PDEδ interference impedes the proliferation and survival of oncogenic KRas expressing human cancer cell lines

Abstract

Ras proteins, most notably isoform KRas4B are frequently mutated oncogenes in numerous human cancers and associated with poor prognosis. Despite ambitious research affords since the discovery of Ras proteins as human oncogenes in 1982, no pharmacological therapy approach reached the clinic yet and Ras is still viewed as “undruggable” protein. For signal propagation, Ras proteins have to be localized at the plasma membrane. Enrichment there is facilitated by spatial cycles that utilize the prenyl binding protein PDEδ as solubilizing factor. Thus, instead of targeting Ras proteins directly, interference with its spatial organization by targeting PDEδ was studied as promising alternative. First generations of small molecule inhibitors of PDEδ were reported to selectively affect proliferation of oncogenic KRas-dependent human pancreatic ductal adenocarcinoma cell lines.

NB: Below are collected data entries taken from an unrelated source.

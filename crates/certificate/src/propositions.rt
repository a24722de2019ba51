// The proposition rows of an edge at a place.
ghost use Rattle.std.specs.Prelude.{[], ◌≡◌, ◌+◌, ◌<◌, ◌≤◌, ◌++◌, length};
ghost use Rattle.dossier.specs.Admission as admission;
ghost use Rattle.dossier.specs.Dossier as parts;
ghost use Rattle.certificate.specs.Arrays.{row_of, held};

use crate::rows::{Row, difference, minus_one, zero_row};
use crate::table::Table;
use crate::view::View;
use sources::source::Source;

// Whether a bit of a mask is set.
fn bit(mask: usize, index: usize) -> bool
    requires { index ≤ 8 }
    ensures { result ≡ parts.bit index mask }
{
    (mask >> index) % 2 == 1
}

// A demand on the place.
fn demand(met: bool) -> Row
    ensures { row_of result ≡ admission.demand [] met }
{
    if met { zero_row() } else { minus_one() }
}

impl<'a, S: Source> View<'a, S> {
    // The row of a proposition that must hold at a place. One function of this and the next would branch on a flag twice.
    fn wanted(&self, place: usize, index: usize) -> Row
        requires { index ≤ 8 }
        ensures { row_of result ≡ admission.wanted (S.cells self.now.source.now) place index }
    {
        if self.is_place(index) {
            demand(place == self.proposition_place(index))
        } else {
            self.proposition_row(index)
        }
    }

    // The row of a proposition that must not hold at a place.
    fn unwanted(&self, place: usize, index: usize) -> Row
        requires { index < self.now.head.propositions }
        ensures { row_of result ≡ admission.unwanted (S.cells self.now.source.now) place index }
    {
        if self.is_place(index) {
            demand(place != self.proposition_place(index))
        } else {
            difference(&zero_row(), &self.proposition_row(index), 1)
        }
    }

    // The row of a proposition for an edge at a place.
    fn edge_row(&self, edge: usize, place: usize, index: usize) -> Row
        requires edge { edge ≤ 12 }
        requires index { index < self.now.head.propositions }
        ensures { row_of result ≡ admission.edge_row (S.cells self.now.source.now) edge place index }
    {
        if bit(self.must(edge), index) {
            self.wanted(place, index)
        } else if bit(self.must_not(edge), index) {
            self.unwanted(place, index)
        } else {
            zero_row()
        }
    }

    // Pushes the proposition rows of an edge at a place.
    pub(crate) fn push_edge_rows(&self, edge: usize, place: usize, table: &mut Table)
        requires edge { edge ≤ 12 }
        requires room { length (held table.old) + self.now.head.propositions ≤ 20 }
        ensures { held table.new ≡ held table.old ++ admission.edge_rows (S.cells self.now.source.now) edge place }
    {
        for index in 0..self.head.propositions as usize {
            table.push(self.edge_row(edge, place, index));
        }
    }
}
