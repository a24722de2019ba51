// Rows of a point taken at a step.
ghost use Rattle.std.specs.Prelude.{◌≡◌, ◌+◌, ◌<◌, ◌≤◌, ◌++◌, length};
ghost use Rattle.layout.specs.Layout.{point_rows};
ghost use Rattle.dossier.specs.Dossier as parts;
ghost use Rattle.dossier.specs.Rows.{each};
ghost use Rattle.certificate.specs.Arrays.{rows_of, held};
ghost use Rattle.certificate.specs.Stored.{stored_taken};

use crate::rows::{Row, taken};
use crate::table::Table;
use crate::view::View;
use arrayvec::ArrayVec;
use sources::source::Source;

impl<'a, S: Source> View<'a, S> {
    // The update rows of a step.
    fn updates(&self, step: usize) -> ArrayVec<Row, 6>
        requires { step ≤ 16 }
        ensures { rows_of result.items ≡ each (parts.head (S.cells self.now.source.now)).variables (parts.update (S.cells self.now.source.now) step) }
    {
        let mut rows: ArrayVec<Row, 6> = ArrayVec::new();
        for variable in 0..self.head.variables as usize {
            rows.push(self.update(step, variable));
        }
        rows
    }

    // Pushes the region rows and rank rows of a point, taken at a step.
    pub(crate) fn push_taken(&self, step: usize, point: usize, table: &mut Table)
        requires step { step < self.now.head.steps }
        requires point { point < parts.points (parts.head (S.cells self.now.source.now)) }
        requires room { length (held table.old) + point_rows (parts.head (S.cells self.now.source.now)) ≤ 20 }
        ensures { held table.new ≡ held table.old ++ stored_taken (S.cells self.now.source.now) step (parts.point_at (parts.head (S.cells self.now.source.now)) point) (point_rows (parts.head (S.cells self.now.source.now))) }
    {
        let updates = self.updates(step);
        let width = self.row_width();
        let at = self.point_at(point);
        for i in 0..self.rows_of_point() {
            let row = self.row_at(at + i * width);
            table.push(taken(&row, updates.as_slice()));
        }
    }
}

Here, we characterize the activity of a new small molecule inhibitor chemotype called Deltasonamide in cells. We show that Deltasonamide administration leads to a depletion of KRas from the plasma membrane and report enhanced anti-proliferative effects of the high affinity inhibitor in oncogenic KRas-dependent human pancreatic ductal adenocarcinoma cell lines, for the first time at sub-micromolar concentrations.

Furthermore, we demonstrate that PDEδ inhibition is also an applicable tool to interfere with aberrant KRas signaling in human colorectal cancer cell lines. Both PDEδ knock down and small molecule inhibition selectively reduced proliferation and viability of colorectal cancer cell lines harboring oncogenic KRas mutations, whereas cell lines expressing only wild type KRas were not affected by interference with PDEδ. Moreover, we report an interdependence of oncogenic KRas activity and PDEδ’s solubilizing function that is manifested in the correlation of both proteins within the cell lines and well reflected in the distinct survivability after PDEδ interference.

Together, our results show that PDEδ is a valid therapeutic target in both pancreatic ductal adenocarcinoma and colorectal cancer harboring oncogenic KRas mutations.